Le séminaire Usages des dispositifs sociotechniques numériques (UDSN) initié en 2012/2013 propose de revenir sur quelques concepts fondateurs de l'analyse du numérique, en interrogeant leur généalogie à travers les travaux d'auteurs ayant fait date dans l'histoire de la recherche en sciences de l'information et de la communication (SIC).
Cette troisième année sera consacrée aux approches des usages : bilan et perspectives.
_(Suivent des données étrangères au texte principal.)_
//! A page that lives: it is loaded, and takes its items one after the other.
ghost use Rattle.std.specs.Prelude.{◌≡◌, ◌≤◌, ◌<◌, ◌++◌, ◌∷◌, [], ℕ, List, All, length, IfOk, OnOk};
ghost use Rattle.trace_reader.specs.Said.{Said, a_swap};
ghost use Rattle.manifest_reader.specs.Page.{Part};
ghost use Rattle.slot_check.specs.Sources.{Source};
ghost use Rattle.slot_check.specs.Verdicts.{source_of, sources_of, IsSmall};
ghost use Rattle.page_check.specs.Fits.{IsFit};
ghost use Rattle.page_check.specs.Runs.{SlotRun};
ghost use Rattle.slot_lives.specs.Outcome.{IsReport};
ghost use Rattle.page_play.specs.Housed.{IsItem};
ghost use Rattle.page_play.specs.Findings.{found_refused};
ghost use Rattle.page_play.specs.Settled.{said_of};
ghost use Rattle.page_live.specs.Page.{IsAlive, IsLiveReport, Lives, names_in, parts_in, runs_of};

use crate::hosting::{give_item, give_swap, load_page};
use code_units::{Memory, Text};
use keyed_names::Keys;
use manifest_reader::Manifest;
use page_check::{JudgedPage, Later, judge_page};
use page_play::{Findings, Host, HostItem, Swaps, report_of};
use slot_check::{Refusal, SourceFile};
use std::alloc::Global;

/// A page that has done with its items, and takes more of them.
#[derive(Drop)]
pub struct LivePage {
    pub host: Host,
    pub findings: Findings,
    /// The files of its slots, and the libraries behind them.
    pub sources: Vec<SourceFile>,
    /// What was found of the libraries, for the files of swaps to come.
    pub later: Later,
    /// The units of a pick.
    pub slice: u32,
    /// How many items it took.
    pub taken: u32,
}

impl LivePage {
    /// The page of a manifest, whose slots have these names, with the files that it names: loaded, with rounds of posts
    /// to their end. The only error is want of memory.
    pub fn load(
        alloc: Global,
        manifest: Manifest,
        sources: Vec<SourceFile>,
        names: Vec<Text>,
        slice: u32,
    ) -> Result<LivePage, Memory>
        requires some { 1 ≤ slice }
        requires fit { IsFit manifest }
        requires named { names.items ≡ names_in manifest }
        requires many { length names.items ≤ length sources.items }
        requires small { All IsSmall sources.items }
        ensures { IfOk result (Lives (parts_in manifest) manifest.channels.items
            (runs_of manifest (sources_of sources.items)) [] []) }
    {
        let (files, libs) = sources.split_at(names.len());
        let page = judge_page(alloc, manifest, files, libs, &[], &[])?;
        let keys = keys_of(alloc, &sources)?;
        let JudgedPage {
            spec,
            refusals,
            later,
            ..
        } = page;
        let host = load_page(alloc, keys, spec, slice)?;
        let findings = first_findings(alloc, names, refusals);
        Ok(LivePage {
            host,
            findings,
            sources,
            later,
            slice,
            taken: 0,
        })
    }

    /// The page takes an event or an advance: it is given, and rounds of posts follow to their end. The only error is
    /// want of memory; then the page is of no use any more.
    pub fn take(&mut self, alloc: Global, item: HostItem) -> Result<(), Memory>
        requires alive { IsAlive self.old }
        requires room { self.old.taken < 4096 }
        requires shape { IsItem item (length self.old.findings.names.items) }
        ensures { OnOk result ((parts : List Part) (pairs : List (ℕ
            × ℕ)) (runs : List SlotRun) (files : List Source) (items : List Said)
            → Lives parts pairs runs files items self.old
            → Lives parts pairs runs files (items ++ said_of item ∷ []) self.new) }
    {
        give_item(alloc, &mut self.host, item, self.slice)?;
        self.taken += 1;
        Ok(())
    }

    /// The page takes a swap of a slot that brings this file: it is judged, given as the next life of the slot,
    /// and rounds of posts follow to their end. The error is as that of `take`.
    pub fn swap(&mut self, alloc: Global, to: u32, file: &SourceFile) -> Result<(), Memory>
        requires alive { IsAlive self.old }
        requires room { self.old.taken < 4096 }
        requires there { to < length self.old.findings.names.items }
        requires few { length self.old.findings.swaps.slots.items < 4 }
        requires small { IsSmall file.now }
        ensures { OnOk result ((parts : List Part) (pairs : List (ℕ
            × ℕ)) (runs : List SlotRun) (files : List Source) (items : List Said) (name : List ℕ)
            → Lives parts pairs runs files items self.old
            → Lives parts pairs runs (files ++ source_of file.now ∷ []) (items ++ a_swap to name ∷ []) self.new) }
    {
        let (_, libs) = self.sources.split_at(self.findings.names.len());
        let name = &self.findings.names[to as usize];
        let one = self.later.judge(alloc, name, file, libs)?;
        give_swap(alloc, &mut self.host, to, one.content, self.slice)?;
        self.taken += 1;
        self.findings.swaps.slots.push(to)?;
        self.findings.swaps.positions.push(self.taken)?;
        self.findings.brought.push(one.refusal)?;
        Ok(())
    }

    /// The report on the items so far. On a page without channels it is what a replay of them writes; on one with
    /// channels posts were delivered between items (`LivesOn`). The only error is want of memory.
    pub fn report(&self, alloc: Global) -> Result<Vec<u8>, Memory>
        requires alive { IsAlive self.now }
        ensures live { IfOk result
            (λ bytes. (parts : List Part) (pairs : List (ℕ
            × ℕ)) (runs : List SlotRun) (files : List Source) (items : List Said)
            → Lives parts pairs runs files items self.now → IsLiveReport parts pairs runs files items bytes.items) }
        ensures replayed { IfOk result
            (λ bytes. (parts : List Part) (runs : List SlotRun) (files : List Source) (items : List Said)
            → Lives parts [] runs files items self.now
            → IsReport parts [] runs files items (found_refused self.now.findings) bytes.items) }
    {
        let bytes = report_of(alloc, &self.findings, &self.host)?;
        Ok(bytes)
    }
}

// What was found of the files of slots, before any swap.
fn first_findings(alloc: Global, names: Vec<Text>, refusals: Vec<Option<Refusal>>) -> Findings
    ensures names { result.names ≡ names }
    ensures refusals { result.refusals ≡ refusals }
    ensures slots { result.swaps.slots.items ≡ [] }
    ensures positions { result.swaps.positions.items ≡ [] }
    ensures brought { result.brought.items ≡ [] }
{
    Findings {
        names,
        refusals,
        swaps: Swaps {
            slots: Vec::new(alloc),
            positions: Vec::new(alloc),
        },
        brought: Vec::new(alloc),
    }
}

// The keys of the host's tables, from the files that were read.
fn keys_of(alloc: Global, sources: &[SourceFile]) -> Result<Keys, Memory> {
    let mut files = Vec::new(alloc);
    'sources: for source in sources {
        files.push(source.bytes.as_slice())?;
    }
    Ok(Keys::of_files(&files))
}
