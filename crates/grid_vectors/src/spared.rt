//! Calls that return no `Result`, on counted cells: that each drops what it takes out and nothing else, asks for no
//! memory, and calls its closure as often as it has to. No clause says any of these.
use grid::{Axis, Command, Grid, Order, Reply, Symmetry, Tally};
use grid_deferred::{Deferred, carry, carry_reply};
use grid_lines::{retain_cols, retain_rows, rewrite_rows, roll_rows};
use std::alloc::Global;
use std::cell::Cell;
use std::process::Abort;
use std::test::Fail;
use test_support::counted::Counted;
use test_support::fixtures::{Heap, ORDERS, SYMMETRIES};
use test_support::fuse::Fuse;

type Board<'a> = Grid<Counted<'a>, &'a Heap>;

// The edits, and how many cells of a board of 3 by 4 are left after each.
const EDITS: [(&str, u64); 17] = [
    ("apply", 12),
    ("clear", 0),
    ("delete_col", 9),
    ("delete_cols", 6),
    ("delete_row", 8),
    ("delete_rows", 4),
    ("fill_with", 12),
    ("lines", 12),
    ("retain_cols", 6),
    ("retain_rows", 4),
    ("roll_rows", 12),
    ("set", 12),
    ("set out of range", 12),
    ("set_at", 12),
    ("swap", 12),
    ("update", 12),
    ("update_part", 12),
];

// Makes an edit by its name.
fn edit<'a>(board: &mut Board<'a>, heap: &'a Heap, name: &str) {
    if board.size() != (3, 4) {
        return;
    }
    match name {
        "apply" => board.apply(Symmetry::RotateLeft),
        "clear" => board.clear(),
        "fill_with" => board.fill_with(|| Counted::new(heap, 7)),
        "lines" => rewrite_rows(board, |row| row.reverse()),
        "retain_cols" => retain_cols(
            board,
            |mut col| col.next().is_some_and(|cell| cell.value() < 2),
        ),
        "retain_rows" => retain_rows(
            board,
            |mut row| row.next().is_some_and(|cell| cell.value() < 4),
        ),
        "roll_rows" => roll_rows(board, 2),
        "swap" => board.swap((0, 0), (2, 3)),
        "update" => board.update(|_, cell| Counted::new(heap, cell.value())),
        "update_part" => board.update_part(
            (1, 1),
            (2, 2),
            |_, cell| Counted::new(heap, cell.value()),
        ),
        "set" | "set out of range" | "set_at" => write(board, Counted::new(heap, 7), name),
        _ => delete(board, name),
    }
}

// Writes a cell.
fn write<'a>(board: &mut Board<'a>, cell: Counted<'a>, name: &str) {
    let _before = match name {
        "set" => board.set(2, 3, cell),
        "set out of range" => board.set(3, 0, cell),
        _ => board.set_at((0, 1), cell),
    };
}

// Deletes lines.
fn delete(board: &mut Board<'_>, name: &str) {
    let _were_there = match name {
        "delete_col" => board.delete_col(1),
        "delete_cols" => board.delete_cols(1, 2),
        "delete_row" => board.delete_row(1),
        _ => board.delete_rows(0, 2),
    };
}

// A board of 3 by 4 with the cells 0 to 11, row by row.
fn numbered<'a>(heap: &'a Heap, order: Order) -> Result<Board<'a>, Fail> {
    Ok(Grid::from_fn_with_order(heap, 3, 4, order, |(row, col)| {
        Counted::new(heap, (row % 3 * 4 + col % 4) as u32)
    })?)
}

// How many cells there are after an edit, how many cells and blocks its heap holds, and for how many blocks it asked.
fn after(heap: &Heap, order: Order, name: &str) -> Result<(usize, u64, u64), Fail> {
    heap.grant(u64::MAX);
    let mut board = numbered(heap, order)?;
    heap.grant(u64::MAX);
    edit(&mut board, heap, name);
    Ok((board.iter().count(), heap.held(), heap.granted()))
}

fn check_edits(rt: &impl Abort, alloc: Global, order: Order) -> Result<(), Fail> {
    let heap = Fuse::new(alloc, 0);
    for (name, left) in EDITS {
        let (len, held, asked) = after(&heap, order, name)?;
        assert!(rt;
            (len as u64, held.wrapping_sub(left), asked) == (left, 1, 0),
            "{name} {order:?}: {len} cells, {held} held, {asked} asked"
        );
        assert_eq!(rt; heap.held(), 0, "{name} {order:?}");
    }
    Ok(())
}

#[test]
fn edits_drop_what_they_take_out_and_take_no_memory(rt: HostRuntime) -> Result<(), Fail> {
    for order in ORDERS {
        check_edits(&rt, rt.alloc(), order)?;
    }
    Ok(())
}

// The calls, and how often each calls its closure on a board of 3 by 4.
const CALLS: [(&str, u64); 8] = [
    ("position", 7),
    ("position of none", 12),
    ("count_neighbors4", 4),
    ("count_neighbors8", 8),
    ("count_neighbors4 at a corner", 2),
    ("count_neighbors8 at a corner", 3),
    ("count_wrapped_neighbors4", 4),
    ("count_wrapped_neighbors8", 8),
];

// How often a call by its name calls its closure, on a board whose cells are 0 to 11, row by row.
fn calls_of(grid: &Grid<u32>, name: &str) -> u64 {
    if grid.size() != (3, 4) {
        return 0;
    }
    let wanted = if name == "position of none" { 20 } else { 6 };
    let calls = Cell::new(0u64);
    let test = |cell: &u32| {
        calls.set(calls.get().wrapping_add(1));
        *cell == wanted
    };
    let _found = match name {
        "count_neighbors4" => grid.count_neighbors4((1, 1), test),
        "count_neighbors8" => grid.count_neighbors8((1, 1), test),
        "count_neighbors4 at a corner" => grid.count_neighbors4((2, 0), test),
        "count_neighbors8 at a corner" => grid.count_neighbors8((0, 3), test),
        "count_wrapped_neighbors4" => grid.count_wrapped_neighbors4((0, 0), test),
        "count_wrapped_neighbors8" => grid.count_wrapped_neighbors8((0, 0), test),
        _ => grid.position(test).map_or(0, |(row, _)| row),
    };
    calls.get()
}

#[test]
fn closures_are_called_once_for_each_cell(rt: HostRuntime) -> Result<(), Fail> {
    for order in ORDERS {
        let grid = Grid::from_fn_with_order(rt.alloc(), 3, 4, order, |(row, col)| {
            (row % 3 * 4 + col % 4) as u32
        })?;
        for (name, calls) in CALLS {
            assert_eq!(rt; calls_of(&grid, name), calls, "{name} {order:?}");
        }
    }
    Ok(())
}

// Two rows of three cells, to be inserted.
fn two_rows(heap: &Heap) -> Result<Command<u32, &Heap>, Fail> {
    let mut lines = Vec::with_capacity(heap, 2)?;
    lines.push(Vec::from_slice(heap, &[1, 2, 3])?)?;
    lines.push(Vec::from_slice(heap, &[4, 5, 6])?)?;
    Ok(Command::InsertRows(1, lines))
}

// Whether lines are carried through a symmetry, and a reply back, without a request for memory.
fn carries(heap: &Heap, symmetry: Symmetry) -> Result<bool, Fail> {
    heap.grant(u64::MAX);
    let command = two_rows(heap)?;
    let line = Vec::from_slice(heap, &[7, 8])?;
    heap.grant(u64::MAX);
    let carried = carry(symmetry, (3, 3), command);
    let reply = carry_reply(symmetry, Axis::Row, Reply::Line(Some(line)));
    let kept = matches!(
        carried,
        Command::InsertRows(_, _) | Command::InsertCols(_, _)
    );
    Ok(kept && matches!(reply, Reply::Line(Some(_))) && heap.granted() == 0)
}

// Whether a deferred board of 3 by 4 is turned and read without a request for memory.
fn defers(heap: &Heap, order: Order) -> Result<bool, Fail> {
    heap.grant(u64::MAX);
    let mut board = numbered(heap, order)?;
    heap.grant(u64::MAX);
    let mut deferred = Deferred::over(&mut board);
    let mut tally = Tally::new();
    let applied = deferred.step(Command::Apply(Symmetry::RotateLeft), &mut tally);
    let last = deferred.get(3, 2).map_or(0, |cell| cell.value());
    let turned = deferred.size() == (4, 3) && last == 8;
    let _pending = deferred.release();
    Ok(matches!(applied, Ok(Reply::Done)) && turned && heap.granted() == 0)
}

#[test]
fn lines_are_carried_and_boards_deferred_without_memory(rt: HostRuntime) -> Result<(), Fail> {
    let heap = Fuse::new(rt.alloc(), 0);
    for symmetry in SYMMETRIES {
        assert!(rt; carries(&heap, symmetry)?, "{symmetry:?}");
    }
    for order in ORDERS {
        assert!(rt; defers(&heap, order)?, "{order:?}");
    }
    assert_eq!(rt; heap.held(), 0);
    Ok(())
}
Les deux premières années ont permis de discuter en détail l’œuvre d'un auteur par l'intermédiaire d'un discutant ayant effectué une lecture critique de ses travaux puis d'une discussion avec l'audience focalisée sur les questions d'exploitation de ses travaux dans des cas concrets de recherche.
Ont été ainsi reçus :
- Geneviève Vidal autour des continuités et transformations de la sociologie des usages
- Madeleine Akrich concernant l'approche sociotechnique
- Pierre Mercké en tant que discutant de la journée d'étude sur les usages
- Christian Licoppe en tant que discutant de la journée d'étude sur le dispositif
- Jacques Perriault autour de la logique de l'usage
- Philippe Mallein pour la méthode CAUTIC
- Isabelle Gavillet revenant sur le concept de dispositif.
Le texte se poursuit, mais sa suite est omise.